The Drakh are a secretive race and were dedicated servants of the Shadows until they left the galaxy in 2261. After this time, they took it upon themselves to continue the Shadows' work and to take revenge upon those whom they saw as responsible for forcing the Shadows away. Their plans were on two main levels, one an underground campaign of infiltration on Centauri Prime and the other, a more open war on the Earth Alliance and the Interstellar Alliance. They attempted to unleash a Shadow Planet Killer on Earth itself but were foiled at the last moment (see Babylon 5: A Call to Arms (movie) and instead unleashed a deadly Shadow tech plague. Their legacy continues and their secretive nature makes them a very difficult opponent to defeat.

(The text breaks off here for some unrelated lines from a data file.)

ghost use Rattle.std.specs.Prelude.{◌≡◌, ◌<◌, ◌≤◌, ◌+◌, ◌^◌, IfErr, OnOk};
ghost use Rattle.ug_rules.specs.Deciding.{below_cutoff};
ghost use Rattle.ug_stock.specs.Decisions.{CanDecide, HasDecided, HasStood};
ghost use Rattle.ug_stock.specs.Frontiers.{HasRoom};

use crate::frontier::Frontier;
use crate::run::Run;
use crate::terms::Terms;
use crate::unfinished::Unfinished;
use ug_pool::{OpenNodes, Pool};

impl Frontier {
    /// Makes the five parts of a decision under this cutoff, in order.
    pub fn decide(&mut self, run: &Run, cutoff: Option<i128>) -> Result<(), Unfinished>
        requires can { CanDecide run.now self.old }
        requires room { HasRoom self.old }
        ensures decided { OnOk result (HasDecided run.now cutoff self.old self.new) }
        ensures stands { IfErr result (λ e. HasStood run.now cutoff self.old self.new e.stood) }
        // The first step takes no memory.
        ensures some { IfErr result (λ e. 0 < e.stood) }
        ensures room { HasRoom self.new }
    {
        drop_hopeless(&mut self.pool, cutoff);
        let Ok(()) = self.announce(cutoff) else {
            return Err(Unfinished { stood: 1 });
        };
        let Ok(()) = self.end_race(run.alloc, run.settings.winner) else {
            return Err(Unfinished { stood: 2 });
        };
        let terms = Terms {
            run: run.number,
            racing: run.settings.racing,
            base: run.settings.base,
            cutoff,
        };
        match self.give_out(run.alloc, terms) {
            Ok(given) => {
                let Ok(()) = self.collect(run.alloc, run.settings.low, run.settings.high) else {
                    return Err(Unfinished {
                        stood: standing(given),
                    });
                };
                Ok(())
            }
            Err(stopped) => Err(Unfinished {
                stood: standing(stopped.steps),
            }),
        }
    }
}

// The nodes whose floor is at least the cutoff leave the pool.
#[tactic(auto, using(crate::proofs::Decisions::fewer_below))]
fn drop_hopeless(pool: &mut Pool, cutoff: Option<i128>)
    ensures entries { pool.new.entries ≡ below_cutoff cutoff pool.old.entries }
    ensures spare { pool.old.spare ≤ pool.new.spare }
{
    if let Some(cutoff) = cutoff {
        pool.drop_from(cutoff);
    }
}

// Returns the number of steps that stand after the first three parts and `steps` more, which are at
// most the number of ranks.
fn standing(steps: u64) -> u64
    ensures value { steps ≤ 2 ^ 32 → result ≡ steps + 3 }
    ensures some { 0 < result }
{
    steps.saturating_add(3)
}
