ghost use Rattle.std.specs.Prelude.{◌≡◌, ◌<◌, ◌≤◌, ◌+◌, ◌++◌, length};
ghost use Rattle.ug_pool.specs.Pools.{with_entry, without_below};
ghost use Rattle.ug_rules.specs.State.{raced_node};
ghost use Rattle.ug_rules.specs.Deaths.{called_off, stops_below};
ghost use Rattle.ug_stock.specs.Frontiers.{HasDied, HasLost, HasRoom};
ghost use Rattle.ug_stock.specs.declared.frontier.Frontier.{Frontier};

use crate::calling::call_off;
use crate::frontier::Frontier;
use crate::queue::Queue;
use crate::racer_left::has_racer;
use ug_nodes::Node;
use ug_pool::{Entry, OpenNodes, Pool};
use ug_ranks::Ranks;

impl Frontier {
    /// Loses a rank. If it is active, its node takes in what is held below: these nodes are
    /// dropped, the ranks that work on them are idle and sent a Stop, the lowest first, and its
    /// node returns to the pool. If it is the last racer, the raced node returns to the pool.
    ///
    /// It takes no memory: each node out of the pool has a place reserved there, and each active
    /// rank one for its Stop, before and after the call.
    pub fn die(&mut self, rank: u32)
        requires there { rank < length self.old.ranks }
        requires room { HasRoom self.old }
        ensures died { HasDied rank self.old self.new }
        ensures room { HasRoom self.new }
    {
        let races = self.ranks.state(rank).is_racing();
        match self.ranks.kill(rank) {
            Some((node, floor)) => take_in(
                &mut self.ranks,
                &mut self.pool,
                &mut self.orders,
                node,
                floor,
            ),
            None => {
                if races {
                    lose_race(&self.ranks, &mut self.pool, &mut self.raced);
                }
            }
        }
    }
}

// Drops what is held below the node, and puts the node into the pool.
fn take_in(ranks: &mut Ranks, pool: &mut Pool, orders: &mut Queue, node: Node, floor: i128)
    requires pool { 0 < pool.old.spare }
    requires orders { length (stops_below node.line ranks.old) ≤ orders.old.spare }
    ensures pool { pool.new.entries ≡ with_entry (record { floor = floor; node = node })
        (without_below node.line pool.old.entries) }
    ensures ranks { ranks.new ≡ called_off node.line ranks.old }
    ensures orders { orders.new.orders ≡ orders.old.orders ++ stops_below node.line ranks.old }
    ensures places { (pool.old.spare ≤ pool.new.spare + 1)
        × (orders.new.spare + length (stops_below node.line ranks.old) ≡ orders.old.spare) }
{
    pool.drop_below(&node.line);
    call_off(ranks, orders, &node.line);
    pool.put(node, floor);
}

// The raced node is back in the pool, if there is one and no rank races.
fn lose_race(ranks: &Ranks, pool: &mut Pool, raced: &mut Option<Entry>)
    requires { length (raced_node raced.old) ≤ pool.old.spare }
    ensures lost { (frontier : Frontier) → HasLost
        (record frontier { pool = pool.old; ranks = ranks.now; raced = raced.old })
        (record frontier { pool = pool.new; ranks = ranks.now; raced = raced.new }) }
    ensures room { pool.new.spare + length (raced_node raced.old)
        ≡ pool.old.spare + length (raced_node raced.new) }
{
    if has_racer(ranks) {
        return;
    }
    if let Some(entry) = raced.take() {
        pool.put(entry.node, entry.floor);
    }
}
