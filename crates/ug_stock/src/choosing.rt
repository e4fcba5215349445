ghost use Rattle.std.specs.Prelude.{◌≡◌, ◌↔◌, ◌<◌, ◌++◌, [], ◌∷◌, ℕ, Option, List, All, IsNone, IfSome, MatchBool};
ghost use Rattle.ug_rules.specs.declared.contender.Contender.{Contender};
ghost use Rattle.ug_rules.specs.Winning.{HasEnough, HasMore, IsShort, LeadsOver, IsLeader, IsWinner, IsLeaderIfAny};

use ug_rules::Contender;

/// The rank that wins the race: of the racers with at least `w` open nodes the one with the
/// greatest floor, of those the one with the most open nodes, and of those the lowest rank. None if
/// no racer has `w`.
#[tactic(auto, using(crate::proofs::Winners::one_winner, crate::proofs::Winners::not_all_short, crate::proofs::Winners::no_winner))]
pub fn winner(racers: &[Contender], w: u64) -> Option<u32>
    ensures none { IsNone result ↔ All (IsShort w) racers.now }
    ensures some { IfSome result (IsWinner w racers.now) }
    ensures only { (rank : ℕ) → IsWinner w racers.now rank → result ≡ Some rank }
{
    match first(racers, w) {
        Some(racer) => Some(racer.rank),
        None => None,
    }
}

// The racer that no other with enough open nodes is ahead of.
fn first(racers: &[Contender], w: u64) -> Option<Contender>
    ensures { IsLeaderIfAny w racers.now result }
{
    let mut best = None;
    for racer in racers {
        best = first_of(best, *racer, w);
    }
    best
}

// The first of some racers and one more.
#[tactic(auto, using(crate::proofs::Winners::winner_stays_short, crate::proofs::Winners::winner_alone))]
fn first_of(best: Option<Contender>, racer: Contender, w: u64) -> Option<Contender>
    ensures { (racers : List Contender) → IsLeaderIfAny w racers best
        → IsLeaderIfAny w (racers ++ racer ∷ []) result }
{
    if racer.open < w {
        return best;
    }
    match best {
        Some(before) => Some(first_of_two(before, racer)),
        None => Some(racer),
    }
}

// The first of some racers and one more that has enough open nodes.
#[tactic(auto, using(crate::proofs::Winners::winner_stays, crate::proofs::Winners::winner_changes))]
fn first_of_two(before: Contender, racer: Contender) -> Contender
    ensures { (w : ℕ) (racers : List Contender) → IsLeader w racers before → HasEnough w racer
        → IsLeader w (racers ++ racer ∷ []) result }
{
    if is_ahead(racer, before) {
        racer
    } else {
        before
    }
}

fn is_ahead(one: Contender, other: Contender) -> bool
    ensures { MatchBool result (LeadsOver one other) (LeadsOver one other → ⊥) }
{
    if one.floor == other.floor {
        return has_more(one, other);
    }
    one.floor > other.floor
}

fn has_more(one: Contender, other: Contender) -> bool
    ensures { MatchBool result (HasMore one other) (HasMore one other → ⊥) }
{
    if one.open == other.open {
        return one.rank < other.rank;
    }
    one.open > other.open
}
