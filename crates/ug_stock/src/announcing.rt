ghost use Rattle.std.specs.Prelude.{◌≡◌, ◌<◌, ◌≤◌, ◌+◌, ◌++◌, OnOk, OnErr, length};
ghost use Rattle.ug_ranks.specs.States.{state_at};
ghost use Rattle.ug_rules.specs.State.{BookState};
ghost use Rattle.ug_rules.specs.Deciding.{announced_as, announcement, announcements, same_cutoff};
ghost use Rattle.ug_stock.specs.Frontiers.{HasRoom, OnlyTells, with_frontier};

use crate::frontier::Frontier;
use crate::notice_places::places;
use crate::queue::Queue;
use std::alloc::AllocError;
use ug_frames::Order;
use ug_ranks::Ranks;
use ug_rules::Told;

impl Frontier {
    /// Queues a new cutoff for each rank that has joined, the lowest first, if it is not the one
    /// announced last; then it is the one announced last. After an error nothing has changed.
    pub fn announce(&mut self, cutoff: Option<i128>) -> Result<(), AllocError>
        requires { HasRoom self.old }
        ensures ok { OnOk result ((b : BookState) → with_frontier b self.new
            ≡ announced_as cutoff (with_frontier b self.old)) }
        ensures err { OnErr result (self.new ≡ self.old) }
        ensures only { OnlyTells self.old self.new }
        ensures room { HasRoom self.new }
    {
        let Some(cutoff) = cutoff else {
            return Ok(());
        };
        if is_same(self.announced, cutoff) {
            return Ok(());
        }
        self.orders.reserve(places(&self.ranks))?;
        tell_joined(&self.ranks, &mut self.orders, cutoff);
        self.announced = Some(cutoff);
        Ok(())
    }
}

// Whether this cutoff is the one announced last.
fn is_same(announced: Option<i128>, cutoff: i128) -> bool
    ensures { result ≡ same_cutoff announced cutoff }
{
    announced == Some(cutoff)
}

// Queues the cutoff for each rank that has joined.
fn tell_joined(ranks: &Ranks, orders: &mut Queue, cutoff: i128)
    requires { length (announcements cutoff ranks.now) ≤ orders.old.spare }
    ensures orders { orders.new.orders ≡ orders.old.orders ++ announcements cutoff ranks.now }
    ensures spare { orders.new.spare + length (announcements cutoff ranks.now)
        ≡ orders.old.spare }
{
    for rank in 0..ranks.as_slice().len() as u32 {
        tell_one(ranks, orders, cutoff, rank);
    }
}

// Queues the cutoff for a rank, if it has joined.
fn tell_one(ranks: &Ranks, orders: &mut Queue, cutoff: i128, rank: u32)
    requires there { rank < length ranks.now }
    requires room { length (announcement cutoff rank (state_at ranks.now rank)) ≤ orders.old.spare }
    ensures orders { orders.new.orders
        ≡ orders.old.orders ++ announcement cutoff rank (state_at ranks.now rank) }
    ensures spare { orders.new.spare + length (announcement cutoff rank (state_at ranks.now rank))
        ≡ orders.old.spare }
{
    if ranks.state(rank).is_joined() {
        orders.push(Told {
            rank,
            order: Order::Incumbent { cutoff },
        });
    }
}
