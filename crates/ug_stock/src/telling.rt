ghost use Rattle.std.specs.Prelude.{◌≡◌, true, false};
ghost use Rattle.ug_branch.specs.Numbers.{first_params};
ghost use Rattle.ug_rules.specs.Deciding.{racer_params};
ghost use Rattle.ug_stock.specs.Telling.{told_under};

use crate::terms::Terms;
use ug_branch::Params;
use ug_frames::Order;
use ug_nodes::Changes;
use ug_rules::Told;

/// The order for a rank to work on the box of these changes, under the ticket of this number, with
/// the first params of the base.
pub fn node_order(terms: Terms, rank: u32, number: u64, changes: Changes) -> Told
    ensures { result ≡ told_under terms rank number (first_params terms.base) false changes }
{
    Told {
        rank,
        order: Order::Work {
            ticket: terms.ticket(number),
            params: Params::first(terms.base),
            race: false,
            cutoff: terms.cutoff,
            changes,
        },
    }
}

/// The order for a rank to race for the box of these changes, under the ticket of this number, with
/// params of its own.
pub fn race_order(terms: Terms, rank: u32, number: u64, changes: Changes) -> Told
    ensures { result ≡ told_under terms rank number (racer_params rank) true changes }
{
    Told {
        rank,
        order: Order::Work {
            ticket: terms.ticket(number),
            params: racer_params(rank),
            race: true,
            cutoff: terms.cutoff,
            changes,
        },
    }
}

/// The params of a racer: the racers alternate between the bases.
pub fn racer_params(rank: u32) -> Params
    ensures { result ≡ racer_params rank }
{
    Params::new((rank % 2 * 8 + rank / 2 % 8) as u8)
}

Drakh ships are based upon Shadow technology and are highly advanced. Their hulls may not be as tough physically as those of other races' ships but this is more than compensated for by a combination of high-powered gravitic energy grids and nimble Raiders. Their ships carry deadly beam weaponry that causes great damage but generally lack the range of other fleets. However, their strength lies in numbers and it is a common sight to see Drakh carriers unloading hordes of Raiders to swarm and overwhelm their enemy. Individually these ships may be weak, but in packs a wise enemy must scatter the Drakh forces before they can form up and present an impenetrable wedge of ships.

==Reception==
ACtA won a Gamers' Choice award at Origins Awards 2004.